DATA_DIR = cfg.out_root / 'data'
MODELS_DIR = cfg.out_root / 'models'
DATA_DIR.mkdir(parents=True, exist_ok=True)
MODELS_DIR.mkdir(parents=True, exist_ok=True)

# news_vocab: postId -> index
news_vocab = {'<PAD>': 0, '<UNK>': 1}
for pid in sorted(post_id_set):
    news_vocab[pid] = len(news_vocab)

# user_vocab: userId -> index
user_ids = sorted({a['userId'] for a in actions})
user_vocab = {'<PAD>': 0, '<UNK>': 1}
for uid in user_ids:
    user_vocab[uid] = len(user_vocab)

with open(DATA_DIR / 'news_vocab.pkl', 'wb') as f:
    pickle.dump(news_vocab, f)
with open(DATA_DIR / 'user_vocab.pkl', 'wb') as f:
    pickle.dump(user_vocab, f)

print('news_vocab size:', len(news_vocab))
print('user_vocab size:', len(user_vocab))


In [None]:
# --- 6) 构建训练样本（Two-Tower pointwise + 负采样） ---
import random
from collections import defaultdict

random.seed(42)

POS_ACTIONS = {'click', 'like', 'reply', 'repost', 'quote'}

# 按 user 分组并按时间排序
by_user = defaultdict(list)
for a in actions:
    by_user[a['userId']].append((a['ts'], a['action'], a['postId']))
for uid in list(by_user.keys()):
    by_user[uid].sort(key=lambda x: x[0] or datetime.min)

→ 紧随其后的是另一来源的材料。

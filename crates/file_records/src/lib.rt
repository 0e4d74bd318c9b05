// Reads the setup and the steps of a run file from their bytes, writes them (`bytes`), and holds steps in a list of fixed room (`list`).
#![tactic(auto)]

pub mod bytes;
pub mod list;
pub mod sizes;

ghost use Rattle.std.specs.Prelude.{◌+◌, ◌≤◌, ◌≡◌, length};
ghost use Rattle.file_records.specs.Records.{setup_in, step_in, no_step};
ghost use Rattle.file_records.specs.Sizes.{SETUP, STEP};

use protocol::setup::Setup;
use protocol::step::Step;

// Returns the "setup (48 bytes: dash, volume and object counts, a 0, tv, t, m, 32 volume bytes ..)" that begins at `at`, with d "in the last four volume
// bytes" (02, A6). Callers check the byte after the counts, which must be 0.
pub fn setup_in(file: &[u8], at: usize) -> Setup
    requires { at + SETUP ≤ length file.now }
    ensures { result ≡ setup_in file.now at }
{
    Setup {
        clients: u32::from(file[at]),
        volumes: u32::from(file[at + 1]),
        objects: u32::from(file[at + 2]),
        tv: bytes_layout::read_u32(file, at + 4),
        t: bytes_layout::read_u32(file, at + 8),
        m: bytes_layout::read_u32(file, at + 12),
        volume: bytes_layout::read_bytes(file, at + 16),
        delay: bytes_layout::read_u32(file, at + 44),
    }
}

// Returns the step whose "16 bytes (kind, dash, object, place; clock in 4; value in 8 ..)" begin at `at`.
pub fn step_in(file: &[u8], at: usize) -> Step
    requires { at + STEP ≤ length file.now }
    ensures { result ≡ step_in file.now at }
{
    Step {
        kind: file[at],
        client: file[at + 1],
        object: file[at + 2],
        place: file[at + 3],
        clock: bytes_layout::read_u32(file, at + 4),
        value: bytes_layout::read_u64(file, at + 8),
    }
}

// Returns the step of zeros, used where there is no step.
// Kept: the contract of `file_reader::step_at`, which cannot fail, names this step.
pub fn no_step() -> Step
    ensures { result ≡ no_step }
{
    Step {
        kind: 0,
        client: 0,
        object: 0,
        place: 0,
        clock: 0,
        value: 0,
    }
}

all_posts_list = list(post_id_set)

samples = []

for uid, events in tqdm(by_user.items(), desc='build samples'):
    history = []
    history_set = set()

    for ts, act, pid in events:
        # 正样本
        if act in POS_ACTIONS:
            samples.append({
                'user_id': uid,
                'history': history[-cfg.max_history:],
                'candidate_id': pid,
                'label': 1.0,
            })

            # 负采样
            for _ in range(cfg.neg_per_pos):
                for _try in range(20):
                    neg = random.choice(all_posts_list)
                    if neg == pid:
                        continue
                    if neg in history_set:
                        continue
                    samples.append({
                        'user_id': uid,
                        'history': history[-cfg.max_history:],
                        'candidate_id': neg,
                        'label': 0.0,
                    })
                    break

        # 更新历史（把所有曝光/点击等都加入历史，避免只看强正反馈导致稀疏）
        if pid not in history_set:
            history.append(pid)
            history_set.add(pid)

print('total samples:', len(samples))
random.shuffle(samples)

split = int(len(samples) * 0.95)
train_samples = samples[:split]
val_samples = samples[split:]

print('train:', len(train_samples), 'val:', len(val_samples))


In [None]:
# --- 7) Two-Tower 训练（GPU 推荐；CPU 也能跑但更慢） ---
import numpy as np
import torch
import torch.nn as nn
import torch.optim as optim
from torch.utils.data import Dataset, DataLoader

# 优先使用仓库内实现；如果你没有 clone 仓库，则下一格会提供 fallback 实现
using_repo_model = False
try:
    from scripts.model_arch import TwoTowerModel  # type: ignore
    using_repo_model = True
    print('✅ Using TwoTowerModel from scripts.model_arch')
except Exception as e:
    print('⚠️ Cannot import scripts.model_arch.TwoTowerModel, will use fallback. err=', e)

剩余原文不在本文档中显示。